Having just noticed that the stacking software I typically use (Deep Sky Stacker) calculates the FWHM for me in pixels, I did a quick comparison between my reduced image and the APOD (which I assume has also been reduced) and was surprised that they both had similar FWHM values just under 7 arcsec. And if I check my full resolution images at 0.6 arcsec/pixel, raw and stacked/stretched, things improve (as I expected, though not linearly) to between 4 to 5 arcsec. But I'm struggling to relate these values with the FWHM values typically quoted for astronomical seeing, where 3 arcsec is rather average and anything above that is worse. I considered the seeing to be better than average on the 19th when I took my images. Might the discrepancy in the numbers be mainly due to tracking errors, or something else I haven't considered? Edit: perhaps the low elevation angles too.

[Chris Peterson]

Having just noticed that the stacking software I typically use (Deep Sky Stacker) calculates the FWHM for me in pixels, I did a quick comparison between my reduced image and the APOD (which I assume has also been reduced) and was surprised that they both had similar FWHM values just under 7 arcsec. And if I check my full resolution images at 0.6 arcsec/pixel, raw and stacked/stretched, things improve (as I expected, though not linearly) to between 4 to 5 arcsec. But I'm struggling to relate these values with the FWHM values typically quoted for astronomical seeing, where 3 arcsec is rather average and anything above that is worse. I considered the seeing to be better than average on the 19th when I took my images. Might the discrepancy in the numbers be mainly due to tracking errors, or something else I haven't considered? Edit: perhaps the low elevation angles too.

And you're using a DSLR, right? So you're going to see a loss of resolution from the color sensor.

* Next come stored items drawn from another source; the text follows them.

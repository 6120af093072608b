//! The statements of constant initialisers.

ghost use Rattle.std.specs.Prelude.{◌≡◌, ◌++◌, OnOk};
ghost use Rattle.cf_lower.specs.Constants as definition;
ghost use Rattle.cf_lower_stmt.specs.Steps.{written};
ghost use Rattle.cf_lower_types.specs.Bare.{classes_of};
ghost use Rattle.cf_lower_constants.specs.Sites.{statement_at, statements_at, told_all};

use crate::acts::{decided, known_by};
use crate::registers::Knowns;
use crate::site::Site;
use crate::stores::done;
use cc_whole::CStatement;
use cf_base::{Items, Memory};
use cf_plain::Plain;

/// Writes the stores of statements in order, and tells what is known behind them.
#[cycle(constants)]
fn constants(
    x: &Site<'_>,
    all: &Items<Plain>,
    known: &mut Knowns,
    code: &mut Items<CStatement>,
) -> Result<(), Memory>
    ensures code { OnOk result (written code.new ≡ written code.old ++ definition.constant_code (classes_of x.now.tables.now) (statements_at x.now all.now) x.now.owner.now (told_all x.now known.old)) }
    ensures known { OnOk result (told_all x.now known.new ≡ definition.all_known_after (classes_of x.now.tables.now) (statements_at x.now all.now) x.now.owner.now (told_all x.now known.old)) }
{
    for s in all.as_slice() {
        constant(x, s, known, code)?;
    }
    Ok(())
}

/// Writes the stores of a statement, and tells what is known behind it. A branch is the statements that are taken, where that is known (5.14 to 5.16).
#[cycle(constants)]
fn constant(
    x: &Site<'_>,
    s: &Plain,
    known: &mut Knowns,
    code: &mut Items<CStatement>,
) -> Result<(), Memory>
    ensures code { OnOk result (written code.new ≡ written code.old ++ definition.constant_stores (classes_of x.now.tables.now) (statement_at x.now s.now) x.now.owner.now (told_all x.now known.old)) }
    ensures known { OnOk result (told_all x.now known.new ≡ definition.known_after (classes_of x.now.tables.now) (statement_at x.now s.now) x.now.owner.now (told_all x.now known.old)) }
{
    match s {
        Plain::Act { action } => {
            done(x, known, action, code)?;
            Ok(())
        }
        Plain::Set { register, action } => {
            let given = known_by(x, known, action)?;
            known.know(x.alloc, *register, given)?;
            Ok(())
        }
        Plain::If { register, yes, no } => {
            let truth = decided(x, known, *register)?;
            match truth {
                None => {
                    known.forget();
                    Ok(())
                }
                Some(taken) => {
                    if taken {
                        constants(x, yes, known, code)?;
                        return Ok(());
                    }
                    constants(x, no, known, code)?;
                    Ok(())
                }
            }
        }
        Plain::Loop { .. } => Ok(()),
        Plain::Switch { .. } => Ok(()),
        Plain::Case { .. } => Ok(()),
        Plain::Default => Ok(()),
        Plain::Break => Ok(()),
        Plain::Continue => Ok(()),
        Plain::Return { .. } => Ok(()),
        Plain::Parts { .. } => Ok(()),
    }
}

/// Writes the stores of an initialiser.
pub fn initialiser(
    x: &Site<'_>,
    all: &Items<Plain>,
    code: &mut Items<CStatement>,
) -> Result<(), Memory>
    ensures { OnOk result (written code.new ≡ written code.old ++ definition.constant_code (classes_of x.now.tables.now) (statements_at x.now all.now) x.now.owner.now definition.nothing_known) }
{
    let mut known = Knowns::new(x.alloc);
    constants(x, all, &mut known, code)?;
    Ok(())
}
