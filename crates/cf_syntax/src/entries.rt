//! Entries of a scope, found by their names.

ghost use Rattle.std.specs.Prelude.{◌≡◌, [], ◌∷◌, ◌++◌, bytes_eq, IfOk, OnOk, OnErr};
ghost use Rattle.cf_syntax.specs.Kinds.{kind_of};
ghost use Rattle.cf_syntax.specs.Slots.{renewed, entries_at};

use crate::slot::slot_of;
use crate::type_names::{Entry, NameKind};
use cf_base::{Items, Memory};
use cf_shared::tree::{Tree, copy, get, put};
use cf_shared::{Shared, SharedVec};
use std::alloc::Global;
use std::marker::Model;

/// The entries of a scope, the oldest first. A copy takes constant time; to enter a name and to find one
/// take a time that doesn't grow with their number as long as few names share a slot.
#[derive(Drop)]
pub struct Entries {
    alloc: Global,
    all: SharedVec<Shared<Entry>>,
    slots: Tree<Items<Shared<Entry>>>,
}

impl Model for Entries {
    ghost use Rattle.std.specs.Prelude.{List};
    ghost use Rattle.cf_syntax.specs.declared.type_names.Entry.{Entry};
    ghost use Rattle.cf_syntax.specs.Slots.{IsTable};

    ghost Value = { List Entry };

    ghost view = { λ e. e.all };

    ghost invariant = { λ e. IsTable e.slots e.all };
}

impl Entries {
    /// No entries. It takes no memory.
    pub fn new(alloc: Global) -> Entries
        ensures { result ≡ [] }
    {
        Entries {
            alloc,
            all: SharedVec::new(alloc),
            slots: Tree::Empty,
        }
    }

    /// The same entries, in constant time.
    pub fn copy(&self) -> Result<Entries, Memory>
        ensures { IfOk result (λ made. made ≡ self.now) }
    {
        Ok(Entries {
            alloc: self.alloc,
            all: self.all.copy()?,
            slots: copy(&self.slots)?,
        })
    }

    /// What the newest entry of this name says.
    pub fn kind(&self, name: &[u8]) -> Option<NameKind>
        ensures { result ≡ kind_of self.now name.now }
    {
        kind_in_slot(&self.slots, slot_of(name), name)
    }

    /// Puts an entry at the end.
    pub fn push(&mut self, entry: Entry) -> Result<(), Memory>
        ensures ok { OnOk result (self.new ≡ self.old ++ entry ∷ []) }
        ensures err { OnErr result (self.new ≡ self.old) }
    {
        let slot = slot_of(entry.name.as_slice());
        let entry = Shared::new(self.alloc, entry)?;
        let found = slot_with(self.alloc, &self.slots, slot, &entry)?;
        let slots = put(self.alloc, &self.slots, slot, found)?;
        self.all.push(entry)?;
        self.slots = slots;
        Ok(())
    }
}

/// Whether two names are the same bytes.
fn is_same(a: &[u8], b: &[u8]) -> bool
    ensures { result ≡ bytes_eq a.now b.now }
{
    a == b
}

/// What the newest of these entries says of a name.
fn kind_among(entries: &[Shared<Entry>], name: &[u8]) -> Option<NameKind>
    ensures { result ≡ kind_of entries.now name.now }
{
    let mut left = entries.len();
    while left > 0 {
        left -= 1;
        let entry = entries[left].get();
        if is_same(entry.name.as_slice(), name) {
            return Some(entry.kind);
        }
    }
    None
}

/// What the entries of a slot say of a name.
fn kind_in_slot(slots: &Tree<Items<Shared<Entry>>>, slot: usize, name: &[u8]) -> Option<NameKind>
    ensures { result ≡ kind_of (entries_at slots.now slot) name.now }
{
    match get(slots, slot) {
        Some(found) => kind_among(found.as_slice(), name),
        None => None,
    }
}

/// These entries without those of the entry's name, and the entry behind them.
fn with_entry(
    alloc: Global,
    entries: &[Shared<Entry>],
    entry: &Shared<Entry>,
) -> Result<Items<Shared<Entry>>, Memory>
    ensures { IfOk result (λ made. made ≡ renewed entries.now entry.now) }
{
    let name = entry.get().name.as_slice();
    let mut made = Items::new(alloc);
    for one in entries {
        if !is_same(one.get().name.as_slice(), name) {
            made.push(one.another()?)?;
        }
    }
    made.push(entry.another()?)?;
    Ok(made)
}

/// The entries of a slot with one more.
fn slot_with(
    alloc: Global,
    slots: &Tree<Items<Shared<Entry>>>,
    slot: usize,
    entry: &Shared<Entry>,
) -> Result<Items<Shared<Entry>>, Memory>
    ensures { IfOk result (λ made. made ≡ renewed (entries_at slots.now slot) entry.now) }
{
    match get(slots, slot) {
        Some(found) => with_entry(alloc, found.as_slice(), entry),
        None => with_entry(alloc, &[], entry),
    }
}
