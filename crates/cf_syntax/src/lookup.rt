//! Names of scopes and classes looked up.

ghost use Rattle.std.specs.Prelude.{◌≡◌, length};
ghost use Rattle.cf_syntax.specs.Entered as spec;
ghost use Rattle.cf_syntax.specs.Names.{in_class_to, in_scope, newest};

use crate::type_names::{ClassNames, NameKind, Scope};
use cf_shared::SharedVec;

/// What a class says of a name, or its bases, at most `depth` classes above one another.
pub fn kind_in_class(
    classes: &SharedVec<ClassNames>,
    depth: usize,
    class: u32,
    name: &[u8],
) -> Option<NameKind>
    ensures { result ≡ in_class_to depth classes.now name.now class }
{
    if depth == 0 {
        return None;
    }
    let found = classes.get(class as usize)?;
    if let Some(kind) = found.entries.kind(name) {
        return Some(kind);
    }
    for base in found.bases.get().as_slice() {
        if let Some(kind) = kind_in_class(classes, depth - 1, *base, name) {
            return Some(kind);
        }
    }
    None
}

/// What one open scope says of a name.
pub fn kind_in_scope(
    classes: &SharedVec<ClassNames>,
    scope: &Scope,
    name: &[u8],
) -> Option<NameKind>
    ensures { result ≡ in_scope classes.now name.now scope.now }
{
    match scope {
        Scope::Block(entries) => entries.kind(name),
        Scope::Class(class) => kind_in_class(classes, classes.len(), *class, name),
    }
}

/// What the innermost of these scopes that has the name says of it.
pub fn kind_in_scopes(
    classes: &SharedVec<ClassNames>,
    scopes: &[Scope],
    name: &[u8],
) -> Option<NameKind>
    ensures { result ≡ newest (in_scope classes.now name.now) scopes.now }
{
    let mut left = scopes.len();
    while left > 0 {
        left -= 1;
        if let Some(kind) = kind_in_scope(classes, &scopes[left], name) {
            return Some(kind);
        }
    }
    None
}

/// What a name is, if it is a type.
pub fn if_type(kind: Option<NameKind>) -> Option<NameKind>
    ensures { result ≡ spec.if_type kind }
{
    match kind {
        Some(NameKind::Value) => None,
        _ => kind,
    }
}

/// What one open scope says of a name that is a type.
fn type_in_scope(classes: &SharedVec<ClassNames>, scope: &Scope, name: &[u8]) -> Option<NameKind>
    ensures { result ≡ spec.type_in classes.now name.now scope.now }
{
    if_type(kind_in_scope(classes, scope, name))
}

/// What the innermost of these scopes where the name is a type says of it.
pub fn type_in_scopes(
    classes: &SharedVec<ClassNames>,
    scopes: &[Scope],
    name: &[u8],
) -> Option<NameKind>
    ensures { result ≡ newest (spec.type_in classes.now name.now) scopes.now }
{
    let mut left = scopes.len();
    while left > 0 {
        left -= 1;
        if let Some(kind) = type_in_scope(classes, &scopes[left], name) {
            return Some(kind);
        }
    }
    None
}

/// How many of these scopes are left where those of classes at their end are left out.
pub fn outside_classes(scopes: &[Scope]) -> usize
    ensures { result ≡ spec.outside_in (length scopes.now) scopes.now }
{
    let mut left = scopes.len();
    while left > 0 {
        if let Scope::Block(_) = &scopes[left - 1] {
            return left;
        }
        left -= 1;
    }
    0
}
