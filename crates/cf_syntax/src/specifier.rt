use crate::name::Path;

/// A word of a declaration that names no type (7.1).
#[derive(Clone, Copy, Debug, PartialEq, Eq)]
pub enum Storage {
    Auto,
    Register,
    Static,
    Extern,
    Inline,
    Virtual,
    Friend,
    Typedef,
}

/// A word that names a fundamental type or a part of one (7.1.6).
#[derive(Clone, Copy, Debug, PartialEq, Eq)]
pub enum BasicType {
    Char,
    Short,
    Int,
    Long,
    Signed,
    Unsigned,
    Void,
}

/// The word before the name of a class or an enumeration (7.1.6).
#[derive(Clone, Copy, Debug, PartialEq, Eq)]
pub enum ClassKey {
    Class,
    Struct,
    Enum,
}

/// A specifier that defines nothing (7.1).
#[derive(Drop)]
pub enum TypeSpecifier {
    Storage(u32, Storage),
    Const(u32),
    Basic(u32, BasicType),
    /// `class A`, `struct A` or `enum A`, at its first word.
    Elaborated(u32, ClassKey, Path),
    Named(Path),
}

/// An operator of a declarator before the name (8.2.1 to 8.2.3).
#[derive(Drop)]
pub enum Pointer {
    /// `*`, and whether `const` follows.
    To(u32, bool),
    /// `&`
    Reference(u32),
    /// `A::*`, and whether `const` follows.
    ToMember(u32, Path, bool),
}
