//! Reads texts of tests. An expression with two operators has to bracket one of them; otherwise the texts are those of the small C
//! without their first line.

mod cursor;
mod expressions;
mod items;
mod statements;
mod types;
mod wrong;

pub use items::read_items;
pub use wrong::Wrong;
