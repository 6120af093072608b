//! Places, moves and static blocks, where they have a meaning.

use crate::trial::ends;
use cc_whole_memory::Act;
use cc_whole_run::End;
use std::test::Fail;

const STATICS: &str =
    "int g(void) { return 8; } char s[4] = \"ab\"; int n; struct __e t[2] = { { 5, g }, { -1, 0 } };";

const PLACES: [(&str, i64); 9] = [
    ("p = a + 8; return p - a;", 8),
    (
        "p = a + 8; q = p - 4; *(int *)(q) = 9; return *(int *)(a + 4);",
        9,
    ),
    ("*(int *)(4 + a) = 6; return *(int *)(a + 4);", 6),
    ("return a < (a + 1);", 1),
    ("{ int z; z = 5; p = (char *)&z; return *(int *)(p); }", 5),
    ("{ int z; p = (char *)&z; } return p == p;", 1),
    ("p = a + 8; return p == (char *)&x;", 0),
    ("p = 0; return p == 0;", 1),
    (
        "x = -1; return 5 < (int)(*(unsigned *)((char *)&x) >> 1);",
        1,
    ),
];

const MOVES: [(&str, i64); 6] = [
    ("y = x; return 0;", 0),
    ("*(int *)(a) = *(int *)(a + 4); return 0;", 0),
    (
        "*(int *)(a) = 9; *(int *)(a + 4) = *(int *)(a); return *(int *)(a) + *(int *)(a + 4);",
        18,
    ),
    (
        "*(short *)(a) = (short)1; *(short *)(a + 2) = (short)2; *(int *)(a + 4) = *(int *)(a); return (int)*(short *)(a + 6);",
        2,
    ),
    (
        "*(int *)(a) = 1; *(char *)(a + 4) = (char)2; return *(int *)(a);",
        1,
    ),
    (
        "x = 7; p = (char *)&x; *(char **)(a) = p; return *(int *)(*(char **)(a));",
        7,
    ),
];

const STATIC: [(&str, i64); 8] = [
    ("return n;", 0),
    ("return *(char **)((char *)&n) == 0;", 1),
    ("return (int)*(char *)(s + 1);", 98),
    ("return (int)*(char *)(s + 3);", 0),
    ("return *(int *)(t) + *(int *)(t + 8);", 4),
    ("return *(__f *)(t + 12) == 0;", 1),
    ("x = n; return (int)*(char *)((char *)&x + 2);", 0),
    ("n = 3; n = n + n; return n;", 6),
];

#[test]
fn places(rt: HostRuntime) -> Result<(), Fail> {
    for (main, status) in PLACES {
        ends(&rt, rt.alloc(), "", main, End::Ended { status })?;
    }
    Ok(())
}

#[test]
fn moves(rt: HostRuntime) -> Result<(), Fail> {
    for (main, status) in MOVES {
        ends(&rt, rt.alloc(), "", main, End::Ended { status })?;
    }
    Ok(())
}

#[test]
fn static_blocks(rt: HostRuntime) -> Result<(), Fail> {
    for (main, status) in STATIC {
        ends(&rt, rt.alloc(), STATICS, main, End::Ended { status })?;
    }
    Ok(())
}

#[test]
fn a_static_int_that_is_written_partly(rt: HostRuntime) -> Result<(), Fail> {
    let end = End::Undefined { act: Act::A7 };
    ends(
        &rt,
        rt.alloc(),
        STATICS,
        "*(char *)((char *)&n) = (char)1; return n;",
        end,
    )
}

And depending on the model, there may be internal processing (Nikon cameras, for instance, aren't great for astroimaging). And the raw images from a DSLR typically don't have the same dynamic range as from a good astronomical camera, which can mess up FWHM measurements somewhat. And different FWHM algorithms give different results, especially if the data isn't linear, which is often the case with DSLRs. I'd say there's a good chance that a measured value of 4 arcsec in a DSLR raw equates to what I'd call 3 arcsec seeing.

A good test of the quality of the image is to measure the FWHM of multiple stars. They should all be the same to within a few tenths. If you're seeing more than that, it means there are nonlinearities in the underlying data.

[Nitpicker]

Having just noticed that the stacking software I typically use (Deep Sky Stacker) calculates the FWHM for me in pixels, I did a quick comparison between my reduced image and the APOD (which I assume has also been reduced) and was surprised that they both had similar FWHM values just under 7 arcsec. And if I check my full resolution images at 0.6 arcsec/pixel, raw and stacked/stretched, things improve (as I expected, though not linearly) to between 4 to 5 arcsec. But I'm struggling to relate these values with the FWHM values typically quoted for astronomical seeing, where 3 arcsec is rather average and anything above that is worse. I considered the seeing to be better than average on the 19th when I took my images. Might the discrepancy in the numbers be mainly due to tracking errors, or something else I haven't considered? Edit: perhaps the low elevation angles too.

And you're using a DSLR, right? So you're going to see a loss of resolution from the color sensor. And depending on the model, there may be internal processing (Nikon cameras, for instance, aren't great for astroimaging). And the raw images from a DSLR typically don't have the same dynamic range as from a good astronomical camera, which can mess up FWHM measurements somewhat. And different FWHM algorithms give different results, especially if the data isn't linear, which is often the case with DSLRs. I'd say there's a good chance that a measured value of 4 arcsec in a DSLR raw equates to what I'd call 3 arcsec seeing.

A good test of the quality of the image is to measure the FWHM of multiple stars. They should all be the same to within a few tenths. If you're seeing more than that, it means there are nonlinearities in the underlying data.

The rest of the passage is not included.